### Goal of the exercise
Copy every line below where the string "filter" is found.

### Exercise inputs

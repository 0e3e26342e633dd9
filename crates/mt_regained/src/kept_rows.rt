//! The rows of a state of which some were kept.

ghost use Rattle.std.specs.Prelude.{◌≡◌, ◌++◌, true, IfOk, IsTrue, OnOk, filter};
ghost use Rattle.std.specs.List.{flat_map, list_all};
ghost use Rattle.mt_meta.specs.Stored.{first_rows};
ghost use Rattle.mt_model.specs.rows.Order.{are_ascending};
ghost use Rattle.mt_model.specs.rows.Sight.{stands_at};
ghost use Rattle.mt_model.specs.rows.Stored.{is_stored_place};
ghost use Rattle.mt_model.specs.declared.rows.place.Row.{Row as AnyRow};
ghost use Rattle.mt_regained.specs.Regained.{rows_at, rows_with};

use mt_meta::first_rows;
use mt_model::{ExactCopy, Place, Row, StoredRows, stored_places};
use std::alloc::{AllocError, Global};

/// The rows of each stored place: those that are kept, and where there are none, that with which the place begins.
pub(crate) fn rows_with(alloc: Global, kept: &[Row]) -> Result<StoredRows, AllocError>
    requires ascending { IsTrue (are_ascending (rows_with kept.now)) }
    requires stored { IsTrue (list_all (λ (row : AnyRow). is_stored_place row.place) (rows_with kept.now)) }
    ensures { IfOk result (λ rows. rows ≡ rows_with kept.now) }
{
    let first = first_rows(alloc)?;
    let places = stored_places();
    let mut rows = Vec::new(alloc);
    for place in places {
        push_rows_at(place, kept, &first, &mut rows)?;
    }
    StoredRows::from_vec(alloc, rows)
}

fn push_rows_at(
    place: &Place,
    kept: &[Row],
    first: &StoredRows,
    rows: &mut Vec<Row>,
) -> Result<(), AllocError>
    requires { first.now ≡ first_rows }
    ensures { OnOk result (rows.new.items ≡ rows.old.items ++ rows_at kept.now place.now) }
{
    let before = rows.len();
    push_kept_at(place, kept, rows)?;
    if rows.len() == before {
        push_all(first.at(place), rows)?;
    }
    Ok(())
}

fn push_kept_at(place: &Place, kept: &[Row], rows: &mut Vec<Row>) -> Result<(), AllocError>
    ensures { OnOk result (rows.new.items ≡ rows.old.items ++ filter (stands_at place.now) kept.now) }
{
    for row in kept {
        if row.place == *place {
            rows.push(row.copy()?)?;
        }
    }
    Ok(())
}

fn push_all(more: &[Row], rows: &mut Vec<Row>) -> Result<(), AllocError>
    ensures { OnOk result (rows.new.items ≡ rows.old.items ++ more.now) }
{
    for row in more {
        rows.push(row.copy()?)?;
    }
    Ok(())
}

### Exercise answer
ghost use Rattle.std.specs.Prelude.{◌≡◌, ◌++◌, true, IfOk, IsTrue, OnOk, filter};
    ensures { OnOk result (rows.new.items ≡ rows.old.items ++ filter (stands_at place.now) kept.now) }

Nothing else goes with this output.